The big banks take pains to say that the vast majority of the money they pay their CEOs is “variable” or “at risk.” However, 2020 showed us that when the books close on a disappointing year, the CEOs’ paycheques don’t vary significantly from prior years, or seem to be much at risk at all.
Canada’s Big Five banks all use some variant of profitability or profit growth as one of the most important metrics used to judge their performance; all missed their goals by double digits. Rare, however, was the bank chief executive who saw his paycheque decline more than the low single digits. Some saw an increase.
To be fair, 2020 was a year of COVID-19, when the banks were facing a possible existential crisis. To have emerged from the first year of the pandemic with a mere 20-per-cent miss in profit goals could be seen as a massive managerial success.
At the same time, when so many Canadians have either seen their incomes wiped out, or have been required to report to work and risk infection with a deadly disease in order to earn working-class wages, it’s fair to examine a compensation system in which hardship means making $10-million instead of $11-million.
At pay time, the banks use a variety of metrics to calculate a “business performance factor” (BPF) that’s used to set annual cash bonuses and sometimes the amount of stock awards as well. There are several metrics measured to the decimal – but there are also subjective considerations. And the formulas are often better at adding to CEO pay than taking away from it.
Let’s take a tour to illustrate, starting with Royal Bank of Canada.
CEO Dave McKay had an annual “target bonus” of $2.25-million in cash for the fiscal year ended last Oct. 31. Sixty per cent of that bonus was based on hitting a profit target – which the bank missed by 14 per cent. To its credit, RBC didn’t adjust the target because of COVID-19, and the bank chose to give Mr. McKay none of the $1.35-million he could have received for that portion of the bonus plan.
But $225,000 of his goal was based on customer satisfaction, and the RBC board determined that the bank’s customers were so happy, it gave Mr. McKay $258,750, or 115 per cent of the goal. Another $675,000 was based on “risk and strategic objectives” – and RBC’s board felt Mr. McKay was so strategic, it gave him $1,147,500, or 170 per cent of his target. All told, after losing the profit-based portion of the bonus, he made back more than $500,000 in above-target payments in other areas. His total pay of $13.48-million was down by just 1.6 per cent from the prior year.
Over at Toronto-Dominion Bank, Bharat Masrani was the rare CEO whose pay dropped by double digits, to $10.52 million. (A change in an estimate of pension values was a big contributor to the drop, in addition to a reduction in incentive compensation.)
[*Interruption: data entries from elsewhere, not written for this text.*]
//! Exchanges over readers and writers that fail, in writes of one byte, and with requests that no command makes.

ghost use Rattle.std.specs.Prelude.{None};

use cip_class3::Refused;
use cip_objects::ReplyBuf;
use enip_client::{AskFault, Client, ClientFault, ask};
use enip_wire::{Failed, MemorySink, MemorySource, Sink, Source};
use std::alloc::Global;
use std::process::Abort;
use std::test::Fail;
use test_fixtures::client::{
    ADD, ADD_SENT, ADDED, CLOSE, CLOSED, GET, GET_SENT, GOT, OPEN, OPENED, REGISTER, REGISTERED,
    REPLY_OF_5, StartState, UNREGISTER, VENDOR, client_at, joined, made,
};

/// A reader at its end, with a count of its reads.
#[derive(Drop)]
struct Counted {
    reads: u64,
}

impl Source for Counted {
    ghost left = { λ s. None };

    ghost moment = { λ s. 0 };

    ghost reads = { λ s. s.reads };

    ghost failures = { λ s. 0 };

    fn read(&mut self, into: &mut [u8]) -> Result<usize, Failed> {
        self.reads += 1;
        Ok(0)
    }

    fn moment(&self) -> u64 {
        0
    }

    fn reads(&self) -> u64 {
        self.reads
    }

    fn failures(&self) -> u64 {
        0
    }
}

/// An exchange over memory: the state of the client, the frames that come, the greatest size of a read or a write and
/// after how many it fails, the request, the result, and how many bytes of the frames are sent.
struct Exchange<'a> {
    name: &'static str,
    start: StartState,
    heard: &'a [&'a [u8]],
    largest_read: usize,
    reads: u64,
    largest_write: usize,
    writes: u64,
    request: &'a [u8],
    connected: bool,
    expected: Result<(), AskFault>,
    reply: &'a [u8],
    sent: &'a [&'a [u8]],
    count: usize,
}

/// An exchange in which nothing fails.
const WELL: Exchange<'static> = Exchange {
    name: "nothing fails",
    start: StartState::New,
    heard: &[REGISTERED, GOT],
    largest_read: 4_096,
    reads: u64::MAX,
    largest_write: 4_096,
    writes: u64::MAX,
    request: GET,
    connected: false,
    expected: Ok(()),
    reply: VENDOR,
    sent: &[REGISTER, GET_SENT, UNREGISTER],
    count: 100,
};

/// A request whose service has bit 7 set.
const NO_REQUEST: &[u8] = b"\xb2\x02\x20\x64\x24\x01";

static EXCHANGES: [Exchange<'static>; 10] = [
    WELL,
    Exchange {
        name: "each read and each write has one byte",
        heard: &[REGISTERED, OPENED, ADDED, CLOSED],
        largest_read: 1,
        largest_write: 1,
        request: ADD,
        connected: true,
        reply: REPLY_OF_5,
        sent: &[REGISTER, OPEN, ADD_SENT, CLOSE, UNREGISTER],
        count: 256,
        ..WELL
    },
    Exchange {
        name: "no request, on a connection",
        heard: &[REGISTERED, OPENED],
        request: NO_REQUEST,
        connected: true,
        expected: Err(AskFault::Submit(Refused::NoRequest)),
        reply: &[],
        sent: &[REGISTER, OPEN],
        count: 114,
        ..WELL
    },
    Exchange {
        name: "no request, without a connection",
        request: NO_REQUEST,
        expected: Err(AskFault::Client(ClientFault::Request)),
        reply: &[],
        count: 28,
        ..WELL
    },
    Exchange {
        name: "a client in use: nothing is read or written",
        start: StartState::AwaitsSession,
        reads: 0,
        writes: 0,
        expected: Err(AskFault::Client(ClientFault::State)),
        reply: &[],
        count: 0,
        ..WELL
    },
    Exchange {
        name: "a writer of 10 bytes a call fails after 0",
        largest_write: 10,
        writes: 0,
        expected: Err(AskFault::Write),
        reply: &[],
        count: 0,
        ..WELL
    },
    Exchange {
        name: "a writer of 10 bytes a call fails after 1",
        largest_write: 10,
        writes: 1,
        expected: Err(AskFault::Write),
        reply: &[],
        count: 10,
        ..WELL
    },
    Exchange {
        name: "a writer of 10 bytes a call fails after 3",
        largest_write: 10,
        writes: 3,
        expected: Err(AskFault::Write),
        reply: &[],
        count: 28,
        ..WELL
    },
    Exchange {
        name: "a writer of 10 bytes a call fails after 4",
        largest_write: 10,
        writes: 4,
        expected: Err(AskFault::Write),
        reply: &[],
        count: 38,
        ..WELL
    },
    Exchange {
        name: "a reader of 30 bytes a call fails at its second",
        largest_read: 30,
        reads: 1,
        expected: Err(AskFault::Read),
        reply: &[],
        count: 76,
        ..WELL
    },
];

/// Asserts the reply, and what was sent.
fn check_texts<A: Abort>(rt: &A, row: &Exchange<'_>, reply: &[u8], written: &[u8], sent: &[u8]) {
    assert_eq!(rt; reply, row.reply, "{}", row.name);
    assert_eq!(rt; Some(written), sent.get(..row.count), "{}", row.name);
}

/// Sends the request of a row over any reader and writer.
fn asked<A: Abort, R: Source, W: Sink>(
    rt: &A,
    client: &mut Client,
    reader: &mut R,
    writer: &mut W,
    row: &Exchange<'_>,
    reply: &mut ReplyBuf,
) -> Result<(), AskFault> {
    assert!(rt; reader.failures() < u64::MAX && writer.failures() < u64::MAX);
    ask(client, reader, writer, row.request, row.connected, reply)
}

/// Makes the exchange of a row, and asserts its result, its reply and what was sent.
fn check_devices<A: Abort>(
    rt: &A,
    client: &mut Client,
    row: &Exchange<'_>,
    heard: &[u8],
    sent: &[u8],
) {
    assert!(rt; 0 < row.largest_read && 0 < row.largest_write);
    let mut room = [0; 400];
    let mut reader = MemorySource::new(heard, &[])
        .with_largest_size(row.largest_read)
        .with_failure_after(row.reads);
    let mut writer = MemorySink::new(&mut room)
        .with_largest_size(row.largest_write)
        .with_failure_after(row.writes);
    let mut reply = ReplyBuf::new();
    let expected = asked(rt, client, &mut reader, &mut writer, row, &mut reply);
    assert_eq!(rt; expected, row.expected, "{}", row.name);
    check_texts(rt, row, reply.as_slice(), writer.written(), sent);
}

fn check_exchange<A: Abort>(rt: &A, alloc: Global, row: &Exchange<'_>) -> Result<(), Fail> {
    let heard = joined(alloc, row.heard)?;
    let sent = joined(alloc, row.sent)?;
    let mut client = client_at(alloc, row.start)?;
    check_devices(rt, &mut client, row, heard.as_slice(), sent.as_slice());
    Ok(())
}

#[test]
fn exchanges_over_memory(rt: HostRuntime) -> Result<(), Fail> {
    for row in &EXCHANGES {
        check_exchange(&rt, rt.alloc(), row)?;
    }
    Ok(())
}

#[test]
fn a_reader_that_counts_no_further_read(rt: HostRuntime) -> Result<(), Fail> {
    let mut room = [0; 200];
    let mut client = made(rt.alloc())?;
    let mut writer = MemorySink::new(&mut room);
    let mut reply = ReplyBuf::new();
    let asked = ask(
        &mut client,
        &mut Counted { reads: u64::MAX },
        &mut writer,
        GET,
        false,
        &mut reply,
    );
    assert_eq!(rt; asked, Err(AskFault::Spent));
    assert_eq!(rt; writer.written(), REGISTER);
    Ok(())
}
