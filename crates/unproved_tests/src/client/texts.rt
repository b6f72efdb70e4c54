//! The texts of the errors of `enip_client`.

use crate::texts::check_texts;
use cip_class3::Refused;
use enip_client::{AskFault, ClientFault, SubmitFault};
use std::test::Fail;

#[test]
fn of_enip_client(rt: HostRuntime) -> Result<(), Fail> {
    let client = [
        (ClientFault::State, "the call is not possible now"),
        (
            ClientFault::Status(0x0a65),
            "an awaited reply has encapsulation status 0x00000a65",
        ),
        (
            ClientFault::Refused(0x0c, 0x0b2a),
            "an open or a close was refused: general status 0x0c, extended status 0x0b2a",
        ),
        (ClientFault::TooLong, "a frame is longer than 65,535 bytes"),
        (ClientFault::Memory, "out of memory"),
        (ClientFault::Malformed, "an awaited reply is malformed"),
        (
            ClientFault::Request,
            "not an unconnected request: 2 to 504 bytes, and a service below 0x80",
        ),
    ];
    let submitting = [
        (
            SubmitFault::Client(ClientFault::State),
            "the call is not possible now",
        ),
        (
            SubmitFault::Refused(Refused::Busy),
            "another request is waiting for its reply",
        ),
    ];
    let asking = [
        (AskFault::Read, "the reader failed"),
        (AskFault::Write, "the writer failed"),
        (
            AskFault::Ended,
            "the input ended before the exchange was complete",
        ),
        (AskFault::Client(ClientFault::Memory), "out of memory"),
        (AskFault::Submit(Refused::GivenUp), "a request was given up"),
        (AskFault::Spent, "the reader cannot count another read"),
    ];
    check_texts(&rt, rt.alloc(), &client)?;
    check_texts(&rt, rt.alloc(), &submitting)?;
    check_texts(&rt, rt.alloc(), &asking)
}
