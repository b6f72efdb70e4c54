//! The example in the documentation of `enip_client`, with a device. `tests/rules` compares the two texts.

use enip_adapter::{Adapter, Peer};
use enip_client::{Client, ClientFault, Heard, Hearing};
use std::test::Fail;
use test_fixtures::adapter::adapter_with_peer;
use test_fixtures::client::made;

/// The other end of the stream: a device, and the bytes that it has sent.
#[derive(Drop)]
struct Device {
    adapter: Adapter,
    peer: Peer,
    sent: Vec<u8>,
    memory: bool,
}

impl Device {
    fn send(&mut self, frame: &[u8]) {
        let fed = self.adapter.feed(0, &self.peer, frame);
        if let Some(answer) = fed.answer {
            self.memory = self.memory && self.sent.extend_from_slice(answer).is_ok();
        }
    }

    /// Copies what was sent into the buffer.
    fn receive(&mut self, room: &mut [u8]) -> usize {
        let size = self.sent.len().min(room.len());
        room[..size].copy_from_slice(&self.sent[..size]);
        self.sent.clear();
        size
    }
}

/// Registers a session, requests the vendor (class 1, instance 1, attribute 1), and unregisters.
fn ask_vendor(client: &mut Client, device: &mut Device) -> Result<Option<u16>, ClientFault> {
    let mut vendor = None;
    let mut room = [0; 600];
    device.send(client.register()?);
    let mut size = device.receive(&mut room);
    while size > 0 {
        let mut rest = &room[..size];
        while !rest.is_empty() && client.fault().is_none() {
            let Hearing { taken, heard } = client.feed(rest);
            match heard {
                Heard::Registered => device.send(client.unconnected(
                    b"\x0e\x03\x20\x01\x24\x01\x30\x01",
                )?),
                Heard::Reply(&[0x8e, 0, 0, 0, low, high]) => {
                    vendor = Some(u16::from_le_bytes([low, high]));
                    device.send(client.unregister()?);
                }
                _ => {}
            }
            rest = &rest[taken..];
        }
        size = device.receive(&mut room);
    }
    match client.fault() {
        Some(fault) => Err(fault),
        None => Ok(vendor),
    }
}

#[test]
fn it_hears_the_vendor(rt: HostRuntime) -> Result<(), Fail> {
    let (adapter, peer) = adapter_with_peer(rt.alloc())?;
    let mut device = Device {
        adapter,
        peer,
        sent: Vec::new(rt.alloc()),
        memory: true,
    };
    let mut client = made(rt.alloc())?;
    assert_eq!(rt; ask_vendor(&mut client, &mut device), Ok(Some(0x1234)));
    assert_eq!(rt; device.memory, true);
    assert_eq!(rt; client.is_registered(), false);
    Ok(())
}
At TD, the BPF used to adjust variable pay includes three metrics, with a form of net income the highest-weighted at 70 per cent. That BPF can rise to 130 per cent, adding to incentive pay, in a good year. But no matter how much TD misses its financial targets, the BPF can be cut by no more than 20 per cent – meaning 80 per cent of the variable pay is still on tap.
In its proxy statement to shareholders, TD says what several peers have said in the past about why their compensation systems aren’t designed for zero bonuses, or the forfeiture of all stock awards: If we actually cut CEO pay by too much based on our results, our leader might do something risky. More formally, TD explains: “This aligns the plan with the bank’s risk appetite and desired culture, avoiding creating an incentive for inappropriate risk-taking.”
TD explicitly says its board decided its BPF of 87 – or cutting certain incentive pay by 13 per cent after missing its profit goal by 22 per cent – was appropriate. Canadian Imperial Bank of Commerce’s board used discretion to cut its BPF of 94 (calculated after missing its profit goal by 21 per cent) by an additional five percentage points. Despite worse corporate performance, CEO Victor Dodig’s $9.68-million paycheque was more money than he made in fiscal 2019, because the board raised his overall target pay by $1.25-million.
Bank of Montreal missed two of four goals, calculated a BPF of 89 per cent and the board’s big discretionary move was to shave off two percentage points. So, CEO Darryl White’s total pay of $11.09-million was 2 per cent more than the prior year. Bank of Nova Scotia missed its two earnings-based goals by more than 20 per cent and saw costs grow faster than revenue, but its BPF ultimately came out at 88. CEO Brian Porter made $12.22-million, 3.2 per cent less than the year before.
There are dozens of pages of compensation disclosure put out by the banks each year. They reveal a system that, at its heart, is structured to pay out millions almost no matter the result. The biggest risk to bank-CEO pay is shareholders figuring out that CEOs don’t risk much at all.